Task directions.
Find how many lines in the material hold the word "bytes", then state that number and nothing more.

Source data.

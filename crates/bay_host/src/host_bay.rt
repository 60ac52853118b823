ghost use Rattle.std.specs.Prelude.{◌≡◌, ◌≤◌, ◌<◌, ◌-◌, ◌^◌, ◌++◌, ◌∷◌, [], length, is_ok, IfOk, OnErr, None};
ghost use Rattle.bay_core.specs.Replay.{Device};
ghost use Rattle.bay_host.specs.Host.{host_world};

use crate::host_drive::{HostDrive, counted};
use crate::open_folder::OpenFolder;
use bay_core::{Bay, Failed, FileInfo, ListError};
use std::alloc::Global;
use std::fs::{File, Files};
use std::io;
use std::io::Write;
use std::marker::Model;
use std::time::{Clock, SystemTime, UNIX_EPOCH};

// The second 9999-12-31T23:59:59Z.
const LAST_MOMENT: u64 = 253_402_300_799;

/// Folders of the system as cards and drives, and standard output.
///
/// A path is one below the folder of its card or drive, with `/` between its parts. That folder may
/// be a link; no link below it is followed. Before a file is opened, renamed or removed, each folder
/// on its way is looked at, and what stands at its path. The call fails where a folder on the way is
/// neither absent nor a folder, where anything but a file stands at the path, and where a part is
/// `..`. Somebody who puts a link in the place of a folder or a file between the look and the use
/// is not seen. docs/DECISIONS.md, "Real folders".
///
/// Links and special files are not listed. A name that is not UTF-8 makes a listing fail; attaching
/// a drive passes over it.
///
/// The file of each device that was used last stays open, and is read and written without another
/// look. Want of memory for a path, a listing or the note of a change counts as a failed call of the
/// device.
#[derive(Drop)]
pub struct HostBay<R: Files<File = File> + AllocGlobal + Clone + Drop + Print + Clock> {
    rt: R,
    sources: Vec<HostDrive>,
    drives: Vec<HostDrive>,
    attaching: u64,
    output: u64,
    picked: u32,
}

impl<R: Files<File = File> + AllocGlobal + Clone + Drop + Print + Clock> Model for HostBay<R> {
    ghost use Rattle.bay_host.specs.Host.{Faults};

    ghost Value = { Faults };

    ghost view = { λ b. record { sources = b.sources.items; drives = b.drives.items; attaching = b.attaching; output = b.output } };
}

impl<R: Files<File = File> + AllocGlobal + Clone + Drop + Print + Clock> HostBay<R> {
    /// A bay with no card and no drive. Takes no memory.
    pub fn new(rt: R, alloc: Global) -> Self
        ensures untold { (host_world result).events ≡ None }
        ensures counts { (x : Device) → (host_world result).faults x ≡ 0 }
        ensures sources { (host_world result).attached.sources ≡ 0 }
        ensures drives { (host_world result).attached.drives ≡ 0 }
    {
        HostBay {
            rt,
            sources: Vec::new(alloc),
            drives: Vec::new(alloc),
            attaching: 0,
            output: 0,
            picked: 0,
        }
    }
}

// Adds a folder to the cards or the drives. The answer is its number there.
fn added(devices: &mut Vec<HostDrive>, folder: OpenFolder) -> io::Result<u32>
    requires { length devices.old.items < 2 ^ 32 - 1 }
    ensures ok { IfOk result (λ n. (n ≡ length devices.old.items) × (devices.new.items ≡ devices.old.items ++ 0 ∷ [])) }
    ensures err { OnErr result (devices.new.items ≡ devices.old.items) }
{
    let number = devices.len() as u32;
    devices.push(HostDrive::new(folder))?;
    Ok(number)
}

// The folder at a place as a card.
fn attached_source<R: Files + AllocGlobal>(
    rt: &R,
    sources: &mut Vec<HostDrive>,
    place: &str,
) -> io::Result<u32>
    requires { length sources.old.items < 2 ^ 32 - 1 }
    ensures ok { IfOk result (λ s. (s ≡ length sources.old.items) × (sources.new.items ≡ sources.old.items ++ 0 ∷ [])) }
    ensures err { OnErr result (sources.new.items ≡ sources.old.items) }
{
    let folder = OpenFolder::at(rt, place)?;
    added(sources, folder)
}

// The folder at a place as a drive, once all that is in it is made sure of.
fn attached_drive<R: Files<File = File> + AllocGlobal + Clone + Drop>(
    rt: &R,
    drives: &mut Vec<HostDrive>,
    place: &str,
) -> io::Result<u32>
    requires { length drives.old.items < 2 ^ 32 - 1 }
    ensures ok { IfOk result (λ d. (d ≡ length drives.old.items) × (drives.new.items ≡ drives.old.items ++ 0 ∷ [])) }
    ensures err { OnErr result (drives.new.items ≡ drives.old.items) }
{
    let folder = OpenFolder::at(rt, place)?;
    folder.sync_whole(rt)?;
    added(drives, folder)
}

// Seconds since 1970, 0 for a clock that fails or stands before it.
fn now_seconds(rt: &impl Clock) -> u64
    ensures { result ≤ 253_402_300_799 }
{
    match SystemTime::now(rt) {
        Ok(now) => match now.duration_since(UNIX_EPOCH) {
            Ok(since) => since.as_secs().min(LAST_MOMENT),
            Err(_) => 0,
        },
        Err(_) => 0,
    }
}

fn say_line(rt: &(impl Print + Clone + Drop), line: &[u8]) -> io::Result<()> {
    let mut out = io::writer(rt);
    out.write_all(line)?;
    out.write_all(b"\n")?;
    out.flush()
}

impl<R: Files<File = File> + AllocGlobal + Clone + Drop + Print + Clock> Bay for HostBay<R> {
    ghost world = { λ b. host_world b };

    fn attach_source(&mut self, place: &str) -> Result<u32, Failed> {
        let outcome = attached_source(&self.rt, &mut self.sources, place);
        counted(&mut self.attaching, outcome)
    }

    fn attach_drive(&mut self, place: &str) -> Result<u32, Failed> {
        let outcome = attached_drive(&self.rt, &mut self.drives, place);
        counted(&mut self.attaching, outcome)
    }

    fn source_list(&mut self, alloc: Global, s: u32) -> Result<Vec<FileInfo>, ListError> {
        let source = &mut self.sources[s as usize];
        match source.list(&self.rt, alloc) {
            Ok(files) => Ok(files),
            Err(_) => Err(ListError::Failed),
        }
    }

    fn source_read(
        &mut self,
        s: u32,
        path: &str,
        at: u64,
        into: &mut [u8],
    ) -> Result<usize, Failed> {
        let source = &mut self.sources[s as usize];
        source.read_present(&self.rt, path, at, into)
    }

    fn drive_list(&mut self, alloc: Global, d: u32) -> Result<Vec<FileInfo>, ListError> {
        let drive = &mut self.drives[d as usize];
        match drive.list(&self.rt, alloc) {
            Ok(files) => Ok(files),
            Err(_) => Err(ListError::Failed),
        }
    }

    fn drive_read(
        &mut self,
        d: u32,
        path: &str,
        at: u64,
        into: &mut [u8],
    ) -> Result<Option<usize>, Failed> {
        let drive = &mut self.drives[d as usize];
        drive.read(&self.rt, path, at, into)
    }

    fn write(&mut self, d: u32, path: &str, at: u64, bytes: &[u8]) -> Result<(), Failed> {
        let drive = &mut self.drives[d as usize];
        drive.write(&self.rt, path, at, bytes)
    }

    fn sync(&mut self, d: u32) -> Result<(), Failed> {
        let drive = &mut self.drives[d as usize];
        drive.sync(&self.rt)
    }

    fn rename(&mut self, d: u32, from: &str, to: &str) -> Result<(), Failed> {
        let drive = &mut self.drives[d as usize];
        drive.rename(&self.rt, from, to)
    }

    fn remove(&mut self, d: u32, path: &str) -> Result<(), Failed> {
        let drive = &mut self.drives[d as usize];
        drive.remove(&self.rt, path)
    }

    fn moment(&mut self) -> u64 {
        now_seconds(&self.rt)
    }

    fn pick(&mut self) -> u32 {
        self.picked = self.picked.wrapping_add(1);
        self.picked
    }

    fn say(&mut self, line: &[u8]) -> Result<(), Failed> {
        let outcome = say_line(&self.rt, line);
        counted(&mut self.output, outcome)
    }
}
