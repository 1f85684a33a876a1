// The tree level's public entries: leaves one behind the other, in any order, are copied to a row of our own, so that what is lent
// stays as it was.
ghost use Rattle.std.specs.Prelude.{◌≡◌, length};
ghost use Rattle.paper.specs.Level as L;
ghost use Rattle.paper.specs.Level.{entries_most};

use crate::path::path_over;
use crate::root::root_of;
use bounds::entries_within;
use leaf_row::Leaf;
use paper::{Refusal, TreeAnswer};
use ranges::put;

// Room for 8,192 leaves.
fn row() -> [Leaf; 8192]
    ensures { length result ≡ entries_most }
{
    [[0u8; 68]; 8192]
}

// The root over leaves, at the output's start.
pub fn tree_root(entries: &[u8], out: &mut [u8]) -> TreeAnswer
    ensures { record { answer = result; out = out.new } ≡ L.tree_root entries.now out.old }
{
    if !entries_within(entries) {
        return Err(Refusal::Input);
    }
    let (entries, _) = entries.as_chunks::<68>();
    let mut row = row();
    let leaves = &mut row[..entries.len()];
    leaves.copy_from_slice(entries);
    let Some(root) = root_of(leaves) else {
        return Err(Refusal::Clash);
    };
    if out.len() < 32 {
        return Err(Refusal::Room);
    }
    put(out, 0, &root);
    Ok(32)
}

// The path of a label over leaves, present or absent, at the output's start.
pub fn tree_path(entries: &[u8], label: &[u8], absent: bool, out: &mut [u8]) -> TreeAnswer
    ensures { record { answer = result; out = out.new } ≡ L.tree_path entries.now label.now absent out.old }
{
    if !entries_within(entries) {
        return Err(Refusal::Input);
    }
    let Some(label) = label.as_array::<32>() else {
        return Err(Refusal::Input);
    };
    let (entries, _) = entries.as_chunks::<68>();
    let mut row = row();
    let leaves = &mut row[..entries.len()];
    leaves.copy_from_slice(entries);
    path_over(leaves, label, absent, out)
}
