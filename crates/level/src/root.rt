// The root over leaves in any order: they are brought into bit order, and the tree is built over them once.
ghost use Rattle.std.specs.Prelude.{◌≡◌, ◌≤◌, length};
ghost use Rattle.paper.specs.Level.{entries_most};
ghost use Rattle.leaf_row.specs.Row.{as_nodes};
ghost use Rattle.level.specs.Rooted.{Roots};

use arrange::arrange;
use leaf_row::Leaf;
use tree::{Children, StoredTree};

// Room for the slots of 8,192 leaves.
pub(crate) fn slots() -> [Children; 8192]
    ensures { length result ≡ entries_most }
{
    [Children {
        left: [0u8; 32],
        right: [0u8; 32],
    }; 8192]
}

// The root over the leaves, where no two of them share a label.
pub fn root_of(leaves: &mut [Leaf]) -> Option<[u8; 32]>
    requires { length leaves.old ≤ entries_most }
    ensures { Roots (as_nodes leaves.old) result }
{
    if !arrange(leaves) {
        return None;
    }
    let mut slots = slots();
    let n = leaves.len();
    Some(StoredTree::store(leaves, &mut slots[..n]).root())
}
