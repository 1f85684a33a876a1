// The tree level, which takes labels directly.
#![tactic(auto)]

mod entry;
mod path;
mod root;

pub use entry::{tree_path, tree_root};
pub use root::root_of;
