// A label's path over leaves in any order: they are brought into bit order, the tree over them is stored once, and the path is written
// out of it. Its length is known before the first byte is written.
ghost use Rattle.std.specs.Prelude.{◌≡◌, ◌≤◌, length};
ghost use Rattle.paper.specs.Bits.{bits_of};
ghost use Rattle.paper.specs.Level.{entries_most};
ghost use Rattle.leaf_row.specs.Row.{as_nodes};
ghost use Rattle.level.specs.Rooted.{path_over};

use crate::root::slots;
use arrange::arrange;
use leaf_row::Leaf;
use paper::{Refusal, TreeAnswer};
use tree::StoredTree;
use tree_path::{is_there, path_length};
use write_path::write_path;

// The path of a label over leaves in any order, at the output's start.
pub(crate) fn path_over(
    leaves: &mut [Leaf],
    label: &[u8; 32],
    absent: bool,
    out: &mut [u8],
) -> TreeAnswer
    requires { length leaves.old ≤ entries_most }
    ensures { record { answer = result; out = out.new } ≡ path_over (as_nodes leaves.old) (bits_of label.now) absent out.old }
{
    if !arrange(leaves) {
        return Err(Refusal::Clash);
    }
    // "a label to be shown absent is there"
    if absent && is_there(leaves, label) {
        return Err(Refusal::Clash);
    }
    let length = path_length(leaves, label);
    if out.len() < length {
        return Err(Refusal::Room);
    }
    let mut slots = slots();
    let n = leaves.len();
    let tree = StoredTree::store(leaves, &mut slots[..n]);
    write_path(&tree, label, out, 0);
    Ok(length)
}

Result of the exercise.
2